When he was finished, she rose silently and approached the overstuffed armchair in which he was seated, a look of compassion in her eyes. The notion that she might be about to stoop down and hug him was swiftly dispelled by the stinging slap across his cheek.
She walked to the window, crossing her arms in front of her and staring outside. Without turning, she said, ‘You should have told me before.’
‘All this has only just happened.’
She turned now. ‘You should still have told me before.’
‘I know. I understand.’
‘No, you don’t,’ she fired back firmly. ‘How can you possibly know what’s in my mind? I don’t care that you lied to me. I don’t even care that you’ve placed me in this situation. I care,’ she said with a bitter emphasis, ‘that things could have been very different between us if I’d only known who you really were.’ She paused. ‘It explains so much about you. About us.’
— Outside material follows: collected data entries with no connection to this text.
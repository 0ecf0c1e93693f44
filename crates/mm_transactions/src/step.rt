//! The steps of a log. Commands of one row each that are alike share a step.
//!
//! ```text
//!  insert emp  ─▶  rows came, 0 more      insert emp  ─▶  rows came, 1 more      insert dept  ─▶  a step of its own
//! ```
ghost use Rattle.std.specs.Prelude.{true, false, ◌≡◌, ◌+◌, ◌<◌, ◌≤◌, ℕ, suc, List, IfNone, IfSome, MatchOption, length, reverse, vec_capacity};
ghost use Rattle.mm_catalog.specs.Assigned.{CellSet};
ghost use Rattle.part_raw.specs.declared.tuple_ref.TupleRef.{TupleRef};
ghost use Rattle.mm_transactions.specs.Log.{AreArrivals, AreSteps, IsJoined, IsNewest, IsStepNoted, alone, change_of, more_of, width_of};
ghost use Rattle.mm_transactions.specs.Undoing.{keeps_tables};

use crate::lodged::Lodged;
use mm_catalog::DroppedTable;
use mm_relation::DroppedIndex;
use plain_tables::{ColumnNumber, IndexKind, TableNumber};
use std::mem::size_of;

/// What commands did to a table.
#[derive(Drop)]
pub enum Kind {
    /// Rows came in, and then one row by each of so many commands more.
    Came {
        more: usize,
    },
    /// Rows went out, and then one row by each of so many commands more. They are hidden.
    Went {
        more: usize,
    },
    /// Values were assigned to rows, to so many cells of each, and then to one row by each of so many commands more.
    Updated {
        width: usize,
        more: usize,
    },
    /// It was declared, and stood last. These tables count links since.
    TableDeclared {
        gained: Vec<TableNumber>,
    },
    /// It was dropped, with no rows left but hidden ones.
    TableDropped {
        dropped: Lodged<DroppedTable>,
    },
    /// An index of it was declared.
    IndexDeclared {
        column: ColumnNumber,
        kind: IndexKind,
    },
    /// An index of it was dropped.
    IndexDropped {
        dropped: Lodged<DroppedIndex>,
    },
}

/// Commands that were done. The references of their rows stand in the log's list from `start` to the next step's, and what stood
/// in cells of theirs that they changed from `cells_start`, one row's behind the other's.
#[derive(Drop)]
pub struct Step {
    pub kind: Kind,
    pub table: TableNumber,
    pub start: usize,
    pub cells_start: usize,
}

const _: () = prove!(size_of::<Step>() == 56);

// Takes one off a number that isn't 0, and tells whether it did.
fn take_off(more: &mut usize) -> bool
    ensures taken { result ≡ true → more.old ≡ suc more.new }
    ensures none { result ≡ false → (more.old ≡ 0) × (more.new ≡ 0) }
{
    if *more == 0 {
        return false;
    }
    *more -= 1;
    true
}

impl Kind {
    /// Whether it left which tables there are, and their columns.
    pub fn keeps_tables(&self) -> bool
        ensures { (n : ℕ) (refs : List TupleRef) (cells : List CellSet) → result ≡ keeps_tables (change_of self.now n refs cells) }
    {
        match self {
            Kind::TableDeclared { .. } | Kind::TableDropped { .. } => false,
            _ => true,
        }
    }

    // How many cells of each row it changed.
    fn width(&self) -> usize
        ensures { result ≡ width_of self.now }
    {
        match self {
            Kind::Updated { width, .. } => *width,
            _ => 0,
        }
    }

    // Takes the newest command out, if there are more than the first, as a kind of its own.
    fn take_one(&mut self) -> Option<Kind>
        ensures kind { alone self.new ≡ alone self.old }
        ensures taken { MatchOption result ((more_of self.old ≡ 0) × (self.new ≡ self.old)) (λ one. (one ≡ alone self.old) × (more_of self.old ≡ suc (more_of self.new))) }
    {
        match self {
            Kind::Came { more } => {
                if take_off(more) {
                    return Some(Kind::Came { more: 0 });
                }
            }
            Kind::Went { more } => {
                if take_off(more) {
                    return Some(Kind::Went { more: 0 });
                }
            }
            Kind::Updated { width, more } => {
                if take_off(more) {
                    return Some(Kind::Updated {
                        width: *width,
                        more: 0,
                    });
                }
            }
            _ => {}
        }
        None
    }

    // Takes so many of the commands behind the first out, or all where they are fewer, if rows came in by them, and tells how many.
    fn take_arrivals(&mut self, most: usize) -> usize
        ensures kind { alone self.new ≡ alone self.old }
        ensures taken { more_of self.old ≡ result + more_of self.new }
        ensures most { result ≤ most }
        ensures none { result ≡ 0 → self.new ≡ self.old }
        ensures came { 0 < result → alone self.old ≡ Kind.Came 0 }
    {
        let Kind::Came { more } = self else {
            return 0;
        };
        let count = most.min(*more);
        *more -= count;
        count
    }

    // Takes a command of one row in, if it is alike, and tells whether it did.
    fn take_in(&mut self, other: &Kind) -> bool
        requires alone { more_of other.now ≡ 0 }
        requires few { more_of self.old < 9223372036854775808 }
        ensures taken { result ≡ true → (alone self.old ≡ other.now) × (alone self.new ≡ alone self.old) × (more_of self.new ≡ suc (more_of self.old)) }
        ensures unchanged { result ≡ false → self.new ≡ self.old }
    {
        match (self, other) {
            (Kind::Came { more }, Kind::Came { .. }) => {
                *more += 1;
                true
            }
            (Kind::Went { more }, Kind::Went { .. }) => {
                *more += 1;
                true
            }
            (Kind::Updated { width, more }, Kind::Updated { width: same, .. }) if *width == *same =>
                {
                    *more += 1;
                    true
                }
            _ => false,
        }
    }
}

/// Takes the newest command out of steps, as a step of its own. They have so many references and cells.
pub fn take_newest(steps: &mut Vec<Step>, refs: usize, cells: usize) -> Step
    requires some { 0 < length steps.old.items }
    requires steps { AreSteps (reverse steps.old.items) refs cells }
    ensures { IsNewest steps.old.items steps.new.items result refs cells }
{
    let Some(mut step) = steps.pop() else {
        unreachable!();
    };
    let Some(kind) = step.kind.take_one() else {
        return step;
    };
    let table = step.table;
    let cells_start = cells - kind.width();
    steps.push_reserved(step);
    Step {
        kind,
        table,
        start: refs - 1,
        cells_start,
    }
}

/// Takes the newest commands out of steps, so many at most, where by each one row came into the same table: the table, and how many
/// they are. It takes none where there are no such commands behind the first of the newest step.
pub fn take_arrivals(steps: &mut Vec<Step>, most: usize) -> Option<(TableNumber, usize)>
    ensures taken { IfSome result (λ came. (came.1 ≤ most) × ((refs cells : ℕ) → AreSteps (reverse steps.old.items) refs cells → AreArrivals steps.old.items steps.new.items came.0.0 came.1 refs cells)) }
    ensures none { IfNone result (steps.new.items ≡ steps.old.items) }
{
    let count = steps.len();
    if count == 0 {
        return None;
    }
    let step = &mut steps[count - 1];
    let table = step.table;
    let taken = step.kind.take_arrivals(most);
    if taken == 0 {
        return None;
    }
    Some((table, taken))
}

// Notes a command of one row in the newest step, if that is alike, and tells whether it did.
fn join(steps: &mut Vec<Step>, noted: &Step) -> bool
    requires alone { more_of noted.now.kind ≡ 0 }
    requires steps { AreSteps (reverse steps.old.items) noted.now.start noted.now.cells_start }
    requires few { noted.now.start < 9223372036854775808 }
    ensures joined { result ≡ true → IsJoined steps.old.items steps.new.items noted.now }
    ensures unchanged { result ≡ false → steps.new.items ≡ steps.old.items }
    ensures capacity { vec_capacity steps.new ≡ vec_capacity steps.old }
{
    let count = steps.len();
    if count == 0 {
        return false;
    }
    let step = &mut steps[count - 1];
    step.table.0 == noted.table.0 && step.kind.take_in(&noted.kind)
}

/// Notes a command of so many rows behind steps, which have room for a step more: in the newest step if it has one row and is
/// alike.
pub fn note(steps: &mut Vec<Step>, step: Step, rows: usize)
    requires room { length steps.old.items < vec_capacity steps.old }
    requires alone { more_of step.kind ≡ 0 }
    requires steps { AreSteps (reverse steps.old.items) step.start step.cells_start }
    requires few { step.start < 9223372036854775808 }
    ensures noted { IsStepNoted steps.old.items steps.new.items step rows }
    ensures capacity { vec_capacity steps.new ≡ vec_capacity steps.old }
    ensures count { length steps.new.items ≤ suc (length steps.old.items) }
{
    if rows != 1 || !join(steps, &step) {
        steps.push_reserved(step);
    }
}
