//! The words that the program is started with.

use clap::error::ErrorKind;
use clap::{Arg, ArgAction, ArgMatches, Command, Error};
use mm_batch::Origin;
use plan_chooser::{POLICY_NAMES, Policy};
use std::alloc::AllocError;
use std::{env, io};

// The option that names a policy.
const POLICY: &str = "policy";

// The option that wants reasons.
const EXPLAIN: &str = "explain";

// The option that wants no more after a refusal.
const STOP: &str = "stop";

// The option that loads a CSV file.
const LOAD: &str = "load";

// The files of command lines.
const FILES: &str = "files";

/// What the words ask for.
#[derive(Drop)]
pub struct Wish<'a> {
    pub policy: Policy,
    /// Whether each refusal is to be named on standard error, with its reason.
    pub explain: bool,
    /// Whether the first refusal is to be the last answer.
    pub stop: bool,
    /// What is to be read, in its order.
    pub origins: Vec<Origin<'a>>,
}

// The option for the policy. It is auto where none is named.
fn policy_option<'a>(rt: &HostRuntime) -> Arg<'a> {
    Arg::new(rt.alloc(), POLICY)
        .long(POLICY)
        .value_name("POLICY")
        .value_parser(POLICY_NAMES)
        .default_value("auto")
        .help("How plans are chosen; no policy changes an answer")
}

// The option that wants reasons.
fn explain_option<'a>(rt: &HostRuntime) -> Arg<'a> {
    Arg::new(rt.alloc(), EXPLAIN)
        .long(EXPLAIN)
        .action(ArgAction::SetTrue)
        .help("Names each refusal on standard error, with its line and the reason")
}

// The option that wants no more after a refusal.
fn stop_option<'a>(rt: &HostRuntime) -> Arg<'a> {
    Arg::new(rt.alloc(), STOP)
        .long(STOP)
        .action(ArgAction::SetTrue)
        .help("Ends at the first refusal, which it names so, with status 5")
}

// The option that loads a CSV file.
fn load_option<'a>(rt: &HostRuntime) -> Arg<'a> {
    Arg::new(rt.alloc(), LOAD)
        .long(LOAD)
        .value_name("TABLE=FILE")
        .action(ArgAction::Append)
        .help("Loads a CSV file into a table, where it stands among the files")
}

// The files of command lines.
fn file_words<'a>(rt: &HostRuntime) -> Arg<'a> {
    Arg::new(rt.alloc(), FILES)
        .value_name("FILE")
        .action(ArgAction::Append)
        .help("Files of command lines, read in their order; - is standard input")
}

// The program as `clap` sees it.
fn command<'a>(rt: &HostRuntime) -> Result<Command<'a>, AllocError> {
    Command::new(rt.alloc(), "mmdb")
        .version("0.1.0")
        .about("Answers the command lines of files, or of standard input, on standard output")
        .arg(policy_option(rt))?
        .arg(explain_option(rt))?
        .arg(stop_option(rt))?
        .arg(load_option(rt))?
        .arg(file_words(rt))
}

// That a word has this fault, or that there was no memory to say so.
fn fault_of(rt: &HostRuntime, words: &str) -> Error {
    let Ok(mut command) = command(rt) else {
        return Error::from(AllocError);
    };
    match command.error(ErrorKind::InvalidValue, words) {
        Ok(fault) => fault,
        Err(refused) => Error::from(refused),
    }
}

/// The words that the program was started with.
pub fn all_words(rt: &HostRuntime) -> Result<Vec<String>, Error> {
    match env::args(rt) {
        Ok(args) => Ok(args.collect(rt.alloc())?),
        Err(error) if error.kind() == io::ErrorKind::OutOfMemory => Err(Error::from(AllocError)),
        Err(_) => Err(fault_of(rt, "a word is not UTF-8")),
    }
}

// A source, and its place among the words.
type Placed<'a> = (usize, Origin<'a>);

// Puts the files among the sources.
fn push_files<'a>(sources: &mut Vec<Placed<'a>>, matches: &ArgMatches<'a>) -> Result<(), Error> {
    let places = matches.indices_of(FILES).unwrap_or(&[]);
    let words = matches.get_strs(FILES).unwrap_or(&[]);
    for (place, word) in places.iter().zip(words.iter()) {
        sources.push((*place, Origin::of_word(*word)))?;
    }
    Ok(())
}

// Puts the loads among the sources.
fn push_loads<'a>(
    rt: &HostRuntime,
    sources: &mut Vec<Placed<'a>>,
    matches: &ArgMatches<'a>,
) -> Result<(), Error> {
    let places = matches.indices_of(LOAD).unwrap_or(&[]);
    let words = matches.get_strs(LOAD).unwrap_or(&[]);
    for (place, word) in places.iter().zip(words.iter()) {
        let Some(origin) = Origin::of_load(*word) else {
            return Err(fault_of(rt, "--load takes TABLE=FILE, with the name of a table"));
        };
        sources.push((*place, origin))?;
    }
    Ok(())
}

// What is to be read: files and loads as they stand among the words, or standard input where there are none.
fn origins<'a>(rt: &HostRuntime, matches: &ArgMatches<'a>) -> Result<Vec<Origin<'a>>, Error> {
    let mut sources = Vec::new(rt.alloc());
    push_files(&mut sources, matches)?;
    push_loads(rt, &mut sources, matches)?;
    if sources.is_empty() {
        sources.push((0, Origin::Input))?;
    }
    sources.sort_by_key(|source| source.0)?;
    let mut origins = Vec::with_capacity(rt.alloc(), sources.len())?;
    for (_, origin) in &sources {
        origins.push(*origin)?;
    }
    Ok(origins)
}

/// What the words ask for. An error is a wrong word, a request for help or the version, or running out of memory.
pub fn read_words<'a>(rt: &HostRuntime, words: &'a [String]) -> Result<Wish<'a>, Error> {
    let matches = command(rt)?.try_get_matches_from(words)?;
    Ok(Wish {
        policy: matches
            .get_str(POLICY)
            .and_then(Policy::named)
            .unwrap_or_default(),
        explain: matches.get_flag(EXPLAIN),
        stop: matches.get_flag(STOP),
        origins: origins(rt, &matches)?,
    })
}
Benoît would suffer for it, but he had to say it. ‘I know you’ve met someone – someone important to you – and I understand.’
It took her a moment to process his words. ‘Oh, such magnanimity!’
Tom felt his own anger rising. It even carried him to his feet. ‘What do you want? You want me to fight for you? Is that what you want? Believe me, you’re far better off with your Polish count.’
‘I don’t doubt it. At least he’s a man who wouldn’t tell me what’s best for me, a man who might allow me to make up my own mind.’
‘I’m not sure you’ve quite grasped what’s happening here. Your life is in danger. You have to pack a suitcase and you have to disappear – immediately.’
‘I’m not sure you’ve quite grasped that I find that idea rather thrilling.’
Tom heaved a conciliatory sigh and took a couple of steps towards her. ‘Hélène, listen, I haven’t been entirely honest with you.’
He held up his hands, the hands which had held her, caressed her, wiped the tears from her cheeks, pulled the splinter from her foot in Avignon . . .
‘These hands have taken the lives of two men in the past two days. They’ve also killed before that. They are soiled, defiled. They will always be defiled. That may not bother you now, but one day it will. And I would think less of you if it didn’t.’
He could see that his words had struck home. Fear clouded her expression.
‘I thought I’d buried the man I used to be, but others have dug him up again . . . and I’m going to have to call on his services if I’m to get through this.’
Hélène stepped close, took his hands in hers and raised them to her lips, kissing each of his palms in turn, anointing them. It was such a tender and unexpected gesture, but there was also something final in it.
‘I’m so sorry.’
She shook her head, dismissing the apology. ‘Where shall I go?’
‘Somewhere obscure.’
She thought on it for a moment. ‘My sister has a friend who’s a painter. She lives in the Corrèze. Saillac. It’s a small village in the middle of nowhere.’